WHAT THIS TASK INVOLVES >> Return all lines of the data in which the string "first" occurs.

Stored data
- - - -

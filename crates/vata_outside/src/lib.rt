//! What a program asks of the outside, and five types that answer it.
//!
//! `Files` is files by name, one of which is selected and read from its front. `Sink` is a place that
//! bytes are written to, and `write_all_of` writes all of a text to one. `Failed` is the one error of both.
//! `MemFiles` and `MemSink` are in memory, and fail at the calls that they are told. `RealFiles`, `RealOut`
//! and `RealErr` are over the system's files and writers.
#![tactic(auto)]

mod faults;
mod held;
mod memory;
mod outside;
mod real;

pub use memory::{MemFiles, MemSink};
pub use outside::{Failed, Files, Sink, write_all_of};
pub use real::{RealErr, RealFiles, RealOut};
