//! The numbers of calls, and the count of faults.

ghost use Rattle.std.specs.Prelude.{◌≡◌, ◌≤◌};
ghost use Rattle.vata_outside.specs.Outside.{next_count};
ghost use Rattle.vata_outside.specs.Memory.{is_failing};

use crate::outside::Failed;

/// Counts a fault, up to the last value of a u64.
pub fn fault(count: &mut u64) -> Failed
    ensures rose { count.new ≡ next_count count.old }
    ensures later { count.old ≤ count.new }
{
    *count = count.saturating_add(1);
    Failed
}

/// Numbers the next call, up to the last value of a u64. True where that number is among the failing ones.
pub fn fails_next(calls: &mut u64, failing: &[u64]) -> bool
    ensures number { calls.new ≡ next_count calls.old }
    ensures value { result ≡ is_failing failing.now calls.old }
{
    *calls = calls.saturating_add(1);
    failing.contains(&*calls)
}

- - - -

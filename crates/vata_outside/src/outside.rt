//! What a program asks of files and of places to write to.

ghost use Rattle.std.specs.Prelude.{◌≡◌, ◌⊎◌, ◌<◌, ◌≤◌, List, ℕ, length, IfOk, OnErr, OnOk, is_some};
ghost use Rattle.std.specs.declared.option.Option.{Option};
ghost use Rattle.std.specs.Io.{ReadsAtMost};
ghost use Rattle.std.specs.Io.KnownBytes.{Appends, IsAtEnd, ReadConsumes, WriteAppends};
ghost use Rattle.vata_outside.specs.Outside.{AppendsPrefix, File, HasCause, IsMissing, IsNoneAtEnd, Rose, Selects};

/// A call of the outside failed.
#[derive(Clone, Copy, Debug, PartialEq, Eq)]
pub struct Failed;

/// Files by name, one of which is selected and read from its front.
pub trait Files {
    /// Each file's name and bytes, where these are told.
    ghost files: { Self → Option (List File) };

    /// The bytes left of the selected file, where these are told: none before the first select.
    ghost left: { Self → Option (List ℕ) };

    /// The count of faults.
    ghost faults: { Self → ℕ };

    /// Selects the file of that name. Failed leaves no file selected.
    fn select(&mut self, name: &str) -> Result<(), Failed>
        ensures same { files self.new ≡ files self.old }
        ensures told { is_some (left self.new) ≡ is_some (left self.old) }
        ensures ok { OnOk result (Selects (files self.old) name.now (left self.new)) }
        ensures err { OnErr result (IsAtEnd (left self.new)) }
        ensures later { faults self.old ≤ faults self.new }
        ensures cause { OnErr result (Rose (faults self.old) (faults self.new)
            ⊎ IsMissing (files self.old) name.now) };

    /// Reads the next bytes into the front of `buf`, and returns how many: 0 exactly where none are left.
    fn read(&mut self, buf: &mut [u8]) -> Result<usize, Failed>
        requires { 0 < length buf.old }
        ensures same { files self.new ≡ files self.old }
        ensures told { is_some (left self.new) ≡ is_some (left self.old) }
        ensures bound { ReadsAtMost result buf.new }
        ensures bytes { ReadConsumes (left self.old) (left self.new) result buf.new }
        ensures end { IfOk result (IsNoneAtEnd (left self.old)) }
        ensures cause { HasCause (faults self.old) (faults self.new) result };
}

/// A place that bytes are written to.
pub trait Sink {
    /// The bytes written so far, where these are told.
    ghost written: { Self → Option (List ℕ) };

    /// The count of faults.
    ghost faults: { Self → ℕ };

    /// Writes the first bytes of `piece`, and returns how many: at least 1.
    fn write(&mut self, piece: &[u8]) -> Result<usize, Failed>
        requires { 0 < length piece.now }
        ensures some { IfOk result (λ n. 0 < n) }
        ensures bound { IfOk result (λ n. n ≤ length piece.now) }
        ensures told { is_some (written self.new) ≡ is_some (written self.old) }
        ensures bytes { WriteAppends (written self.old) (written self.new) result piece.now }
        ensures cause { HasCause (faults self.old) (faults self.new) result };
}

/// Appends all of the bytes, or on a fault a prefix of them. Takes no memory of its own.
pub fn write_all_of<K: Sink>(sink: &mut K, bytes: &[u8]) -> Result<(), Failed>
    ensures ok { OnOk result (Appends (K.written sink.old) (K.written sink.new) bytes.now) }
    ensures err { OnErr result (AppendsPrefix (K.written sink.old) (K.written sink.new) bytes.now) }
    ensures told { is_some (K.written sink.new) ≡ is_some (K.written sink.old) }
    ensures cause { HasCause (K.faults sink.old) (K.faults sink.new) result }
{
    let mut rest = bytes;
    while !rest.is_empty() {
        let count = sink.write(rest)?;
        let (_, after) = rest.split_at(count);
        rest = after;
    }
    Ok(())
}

- - - -

RESULT OF THIS EXERCISE >>
    /// The bytes left of the selected file, where these are told: none before the first select.
    /// Writes the first bytes of `piece`, and returns how many: at least 1.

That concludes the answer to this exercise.